I must admit that Master Vinicius quoting a lesser-known story from Greek mythology as part of his future plans for his new faggot practically gave me a WIDE-ON. To me, there’s nothing sexier than an intelligent Alpha, and he’s definitely that. But I also think it’s amazing that Master Vinicius is utilizing historical narratives (from the very hierarchical Greeks, no less!) to build out a framework of how to own inferiors and train them. Very impressive!
But that framework Master Vinicius is building also includes how he might assert his dominance over other Alphas. Notice his reply the following day after his team won their game:
Hello, Sam. As promised, I’m answering your email from yesterday. I have a very small window during my day when I can sit down to write to you with no distractions – I get home from work before my wife, and that’s usually the window I have. Once she gets home she’s the one who I focus on. I believe you can understand that.
Yes, you can call me Sir!
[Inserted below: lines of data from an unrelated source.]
ghost use Rattle.std.specs.Prelude.{◌≡◌, [], ◌∷◌, ◌++◌, OnOk};

use crate::activation::Activation;
use std::alloc::AllocError;
use typed_tree::{
    CaseHead, Designator, Dyadic, Expr, ForHead, Link, LoopHead, Monadic, Passed, RangeTest,
    ReadVariable, Relation, Representation, Selector, Stmt, Whole, Width, WithRecord,
    WriteParameter,
};
use types::TypeId;

/// Work that a run has still to do. What it needs lies on the stack of operands.
#[derive(Clone, Copy)]
pub enum Work<'t> {
    /// The statements of a compound statement, one after another.
    Statements(&'t [Stmt]),
    Statement(&'t Stmt),
    /// The statement of an if that the topmost value chooses.
    Choose {
        consequence: &'t Box<Stmt>,
        alternative: &'t Option<Box<Stmt>>,
    },
    /// A turn of a while, and its further rounds, if the topmost value asks for them.
    WhileTurn {
        head: &'t LoopHead,
        body: &'t Stmt,
    },
    /// Further rounds of a repeat, unless the topmost value ends it.
    Unless {
        head: &'t LoopHead,
        statements: &'t Vec<Stmt>,
    },
    /// The rounds of a for that are left.
    For {
        head: &'t ForHead,
        rounds: Rounds,
        body: &'t Stmt,
    },
    /// The arms of a case, whose index is topmost.
    Case {
        head: &'t CaseHead,
        arms: &'t Vec<Stmt>,
    },
    /// The parameters of a write, one after another, and behind them the line end of a writeln.
    Parameters {
        parameters: &'t [WriteParameter],
        ends_line: bool,
    },
    /// The width of an ordinal that is written, whose value is topmost.
    Width {
        width: &'t Option<Width>,
        representation: Representation,
    },
    /// Tests the topmost value as a width.
    WidthTest {
        site: u32,
    },
    /// Writes a value, whose width is topmost, right above it.
    Write(Representation),
    /// Writes a row of values as a string, whose width is topmost, right above it.
    WriteRow,
    /// Writes the topmost row as a string in so many places.
    WriteRowIn {
        places: usize,
    },
    /// The variables of a read, one after another, and behind them the line end of a readln, wanted at its point.
    Variables {
        variables: &'t [ReadVariable],
        line: Option<u32>,
    },
    /// Reads a variable, whose place is topmost.
    Read(&'t ReadVariable),
    /// Tests the topmost value and stores it at the place below it.
    Store(RangeTest),
    /// Stores the topmost row at the place below it, which has this type.
    StoreRow(TypeId),
    /// The selectors that lead on from the topmost place.
    Select {
        selectors: &'t [Selector],
        indexes: &'t [Expr],
    },
    /// Tests the topmost value as an index of the place below it.
    Index(RangeTest),
    /// The value at the topmost place, tested at the site.
    Fetch {
        defined: u32,
    },
    Whole {
        value: &'t Whole,
        indexes: &'t [Expr],
    },
    /// The row at the topmost place, which has this type, tested at the site.
    FetchRow {
        type_id: TypeId,
        defined: u32,
    },
    Value(&'t Expr),
    /// An operation on the topmost value.
    Monadic(Monadic),
    /// The operators of a chain whose value so far is topmost.
    Links(&'t [Link]),
    /// An operation on the two topmost values.
    Combine(Dyadic),
    /// The operator with this number and its right side, whose left side is topmost.
    RightSide {
        number: u32,
        relation: Relation,
        right: &'t Whole,
        indexes: &'t [Expr],
    },
    /// A relation of the two topmost rows.
    Compare(Relation),
    /// The actual parameters of a call, one after another.
    Pass(&'t [Passed]),
    /// Tests the topmost value.
    Test(RangeTest),
    /// An activation of the block with this number, to which so many operands are passed, the last one topmost.
    Activate {
        block: u32,
        count: usize,
    },
    /// Drops the topmost value.
    Discard,
    /// Further members of the set that is topmost, by their designators.
    Gather {
        designators: &'t [Designator],
        members: &'t [Expr],
    },
    /// Tests the topmost value as a member of a set, and adds it to the one below it.
    AddMember {
        site: u32,
    },
    /// Tests the two topmost values as the first and the last member, and adds all between them to the set below them.
    AddRange {
        site: u32,
    },
    /// The records of a with that are left, and its statement.
    With {
        records: &'t [WithRecord],
        body: &'t Box<Stmt>,
    },
    /// The record whose place is topmost, and then further ones and the statement.
    Within {
        records: &'t [WithRecord],
        body: &'t Box<Stmt>,
    },
}

/// Which rounds of a for are left.
#[derive(Clone, Copy)]
pub enum Rounds {
    /// Those between the bounds, which are topmost, the last above the first.
    Between,
    /// Those behind that with a value of the control variable, whose first value was this.
    Behind { first: i32, value: i32, last: i32 },
}

/// What waits for the work in hand, with the work that is left in it, the next on top.
#[derive(Drop)]
pub enum Caller<'t> {
    /// An activation, for one that it called.
    Call {
        activation: Activation,
        pending: Vec<Work<'t>>,
    },
    /// What stands behind a statement of a with, in the same activation.
    With {
        pending: Vec<Work<'t>>,
    },
    /// What stands behind a turn of a for, in the same activation.
    For {
        pending: Vec<Work<'t>>,
    },
}

/// Puts a piece of work on top of what is left.
pub fn put<'t>(pending: &mut Vec<Work<'t>>, work: Work<'t>) -> Result<(), AllocError>
    ensures { OnOk result (pending.new.items ≡ pending.old.items ++ work.entry ∷ []) }
{
    pending.push(work)?;
    Ok(())
}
Hahaha
I don’t know what it is, but I’m getting more comfortable with those words as each day goes by. Even the word “faggot” is getting more and more natural to use. I know it’s a big slur in English speaking countries, and we don’t actually have one in Portuguese that is as specifically used to designate someone like you and also can be seen as a slur. We have the word “viado” (a variation of “veado”, with an /e/, which translates to “deer”) but the gays have taken pride to this word. Also, living in Rio is a fun thing: we curse A LOT and “viado” is used almost like a comma in a sentence. I mean… It’s common to call your buddies “viado” instead of “hey, bro!” – I don’t know if that makes sense to you, it’s just how it is here. But when we put it in the diminutive form, adding the suffix “-inho”, THEN it’s considered derogatory. That’s the word I use with Felipe now. “Viadinho.”
I listened to your podcast in the car on my way home. Good job on following my orders regarding the approach. And yes, it’s a fun theme song. Lol
It’s funny that you said that I’m also teaching other faggots, because I’m learning a lot about all of this from you. I guess the power exchange is also an exchange of knowledge in a way. Because you said you often fail at being a good faggot, but, from my experience talking to you, you’re doing an amazing job. You make me feel comfortable talking about all of this, I’m learning a lot about myself with the things you say and Felipe has been a different person since the two of you started talking about my situation. Give yourself more credit! Sure, everybody fails sometimes, I know I do! But you’re a very good boy, Sam. (See? That’s another thing I learned from reading your articles)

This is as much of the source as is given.